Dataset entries

################

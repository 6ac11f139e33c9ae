//! A key type that refuses by errors of its own, over memory, streams and files.
ghost use Rattle.std.specs.Prelude.{◌≡◌, ⊤};

use crate::streams::end;
use crate::words::joined;
use sec1::der::{SecretDocument, StdReader, StdWriter};
use sec1::{DecodeEcPrivateKey, EncodeEcPrivateKey, Error};
use std::alloc::{AllocError, Global};
use std::rt::Files;

/// A key that is neither read, for its version, nor written, for its cryptography.
#[derive(Drop)]
struct Refused;

impl DecodeEcPrivateKey for Refused {
    ghost reads = { λ _ _. ⊥ };

    ghost refuses = { λ _ _. ⊤ };

    fn from_sec1_der(_alloc: Global, _bytes: &[u8]) -> sec1::Result<Refused> {
        Err(Error::Version)
    }
}

impl EncodeEcPrivateKey for Refused {
    ghost writes = { λ _ _. ⊥ };

    ghost refuses = { λ _ _. ⊤ };

    fn to_sec1_der(&self, _alloc: Global) -> sec1::Result<SecretDocument> {
        Err(Error::Crypto)
    }
}

/// Returns how it is read from memory and from streams.
fn read(alloc: Global) -> Result<String, AllocError> {
    let from = end(alloc, Refused::from_sec1_der(alloc, b"\x04\x01\xAA"));
    let mut reader = StdReader::new(b"\x04\x01\xAA".as_slice());
    let read = end(alloc, Refused::read_sec1_der_from(alloc, &mut reader));
    let left = reader.into_inner().len().to_string(alloc);
    let mut reader = StdReader::new(b"\x04\x02\xAA".as_slice());
    let short = end(alloc, Refused::read_sec1_der_from(alloc, &mut reader));
    joined(alloc, " ", [from, read, left, short])
}

/// Returns how it is written into memory and into a stream.
fn written(alloc: Global) -> Result<String, AllocError> {
    let to = end(alloc, Refused.to_sec1_der(alloc));
    let mut writer = StdWriter::new(Vec::new(alloc));
    let written = end(alloc, Refused.write_sec1_der_to(alloc, &mut writer));
    let len = writer.into_inner().len().to_string(alloc);
    joined(alloc, " ", [to, written, len])
}

/// Returns the line for this key type over memory, a stream and the file at this path.
pub fn answer<H: Files>(rt: &H, alloc: Global, rest: &[u8]) -> Result<String, AllocError> {
    let Ok(path) = str::from_utf8(rest) else {
        return "not a text".to_string(alloc);
    };
    let read = read(alloc);
    let file = end(alloc, Refused::read_sec1_der_file(rt, alloc, path));
    let written = written(alloc);
    let filed = end(alloc, Refused.write_sec1_der_file(rt, alloc, path));
    joined(
        alloc,
        " ",
        ["refuse".to_string(alloc), read, file, written, filed],
    )
}
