ghost use Rattle.der_types.specs.Strings.{is_ia5};

use der_types::{Kind, Leaf};
use sec1_der::{Tag, Tagged};

/// The kind of a GeneralString (X.680 section 41) of ASCII characters alone.
pub struct AsciiString;

impl Tagged for AsciiString {
    ghost tag_byte = { 0x1B };

    fn fixed_tag() -> Tag {
        match Tag::from_byte(0x1B) {
            Ok(tag) => tag,
            Err(_) => unreachable!(),
        }
    }
}

impl Kind for AsciiString {
    ghost passes = { is_ia5 };

    fn test(bytes: &[u8]) -> bool {
        bytes.iter().all(|byte| *byte < 0x80)
    }
}

/// A GeneralString of ASCII characters, which borrows them.
pub type GeneralString<'a> = Leaf<'a, AsciiString>;
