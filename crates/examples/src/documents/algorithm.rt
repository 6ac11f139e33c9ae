ghost use Rattle.std.specs.Prelude.{refl};

use sec1::der::{Distinct, ObjectIdentifier, Record, Required};

/// The algorithm of a public key, and the curve that is its parameter (RFC 5280 section 4.1.1.2,
/// RFC 5480 section 2.1).
#[derive(Clone, Copy, PartialEq, Eq, Debug)]
pub struct AlgorithmIdentifier {
    /// The identifier of the algorithm.
    pub algorithm: ObjectIdentifier,
    /// The identifier of the curve.
    pub parameters: ObjectIdentifier,
}

impl Record for AlgorithmIdentifier {
    type Parts = (Required<ObjectIdentifier>, Required<ObjectIdentifier>);

    ghost parts = { λ value. (value.algorithm, value.parameters) };

    ghost of_parts = { λ pairs. record { algorithm = pairs.0; parameters = pairs.1 } };

    fn from_parts(pairs: Self::Parts) -> Self {
        let (Required(algorithm), Required(parameters)) = pairs;
        AlgorithmIdentifier {
            algorithm,
            parameters,
        }
    }

    fn to_parts(&self) -> Self::Parts {
        (Required(self.algorithm), Required(self.parameters))
    }

    ghost same = { λ _. refl };
}

impl Distinct for AlgorithmIdentifier {
    ghost distinct = { refl };
}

################

YOUR GOAL: For this exercise, restate each of the entries without any deviation.

FINISHED TASK:
repository 6ac11f139e33c9ae
//! A key type that refuses by errors of its own, over memory, streams and files.
ghost use Rattle.std.specs.Prelude.{◌≡◌, ⊤};

use crate::streams::end;
use crate::words::joined;
use sec1::der::{SecretDocument, StdReader, StdWriter};
use sec1::{DecodeEcPrivateKey, EncodeEcPrivateKey, Error};
use std::alloc::{AllocError, Global};
use std::rt::Files;

/// A key that is neither read, for its version, nor written, for its cryptography.
#[derive(Drop)]
struct Refused;

impl DecodeEcPrivateKey for Refused {
    ghost reads = { λ _ _. ⊥ };

    ghost refuses = { λ _ _. ⊤ };

    fn from_sec1_der(_alloc: Global, _bytes: &[u8]) -> sec1::Result<Refused> {
        Err(Error::Version)
    }
}

impl EncodeEcPrivateKey for Refused {
    ghost writes = { λ _ _. ⊥ };

    ghost refuses = { λ _ _. ⊤ };

    fn to_sec1_der(&self, _alloc: Global) -> sec1::Result<SecretDocument> {
        Err(Error::Crypto)
    }
}

/// Returns how it is read from memory and from streams.
fn read(alloc: Global) -> Result<String, AllocError> {
    let from = end(alloc, Refused::from_sec1_der(alloc, b"\x04\x01\xAA"));
    let mut reader = StdReader::new(b"\x04\x01\xAA".as_slice());
    let read = end(alloc, Refused::read_sec1_der_from(alloc, &mut reader));
    let left = reader.into_inner().len().to_string(alloc);
    let mut reader = StdReader::new(b"\x04\x02\xAA".as_slice());
    let short = end(alloc, Refused::read_sec1_der_from(alloc, &mut reader));
    joined(alloc, " ", [from, read, left, short])
}

/// Returns how it is written into memory and into a stream.
fn written(alloc: Global) -> Result<String, AllocError> {
    let to = end(alloc, Refused.to_sec1_der(alloc));
    let mut writer = StdWriter::new(Vec::new(alloc));
    let written = end(alloc, Refused.write_sec1_der_to(alloc, &mut writer));
    let len = writer.into_inner().len().to_string(alloc);
    joined(alloc, " ", [to, written, len])
}

/// Returns the line for this key type over memory, a stream and the file at this path.
pub fn answer<H: Files>(rt: &H, alloc: Global, rest: &[u8]) -> Result<String, AllocError> {
    let Ok(path) = str::from_utf8(rest) else {
        return "not a text".to_string(alloc);
    };
    let read = read(alloc);
    let file = end(alloc, Refused::read_sec1_der_file(rt, alloc, path));
    let written = written(alloc);
    let filed = end(alloc, Refused.write_sec1_der_file(rt, alloc, path));
    joined(
        alloc,
        " ",
        ["refuse".to_string(alloc), read, file, written, filed],
    )
}
ghost use Rattle.der_types.specs.Strings.{is_ia5};

use der_types::{Kind, Leaf};
use sec1_der::{Tag, Tagged};

/// The kind of a GeneralString (X.680 section 41) of ASCII characters alone.
pub struct AsciiString;

impl Tagged for AsciiString {
    ghost tag_byte = { 0x1B };

    fn fixed_tag() -> Tag {
        match Tag::from_byte(0x1B) {
            Ok(tag) => tag,
            Err(_) => unreachable!(),
        }
    }
}

impl Kind for AsciiString {
    ghost passes = { is_ia5 };

    fn test(bytes: &[u8]) -> bool {
        bytes.iter().all(|byte| *byte < 0x80)
    }
}

/// A GeneralString of ASCII characters, which borrows them.
pub type GeneralString<'a> = Leaf<'a, AsciiString>;
filename crates/examples/src/documents/algorithm.rt
repository 6ac11f139e33c9ae
ghost use Rattle.std.specs.Prelude.{refl};

use sec1::der::{Distinct, ObjectIdentifier, Record, Required};

/// The algorithm of a public key, and the curve that is its parameter (RFC 5280 section 4.1.1.2,
/// RFC 5480 section 2.1).
#[derive(Clone, Copy, PartialEq, Eq, Debug)]
pub struct AlgorithmIdentifier {
    /// The identifier of the algorithm.
    pub algorithm: ObjectIdentifier,
    /// The identifier of the curve.
    pub parameters: ObjectIdentifier,
}

impl Record for AlgorithmIdentifier {
    type Parts = (Required<ObjectIdentifier>, Required<ObjectIdentifier>);

    ghost parts = { λ value. (value.algorithm, value.parameters) };

    ghost of_parts = { λ pairs. record { algorithm = pairs.0; parameters = pairs.1 } };

    fn from_parts(pairs: Self::Parts) -> Self {
        let (Required(algorithm), Required(parameters)) = pairs;
        AlgorithmIdentifier {
            algorithm,
            parameters,
        }
    }

    fn to_parts(&self) -> Self::Parts {
        (Required(self.algorithm), Required(self.parameters))
    }

    ghost same = { λ _. refl };
}

impl Distinct for AlgorithmIdentifier {
    ghost distinct = { refl };
}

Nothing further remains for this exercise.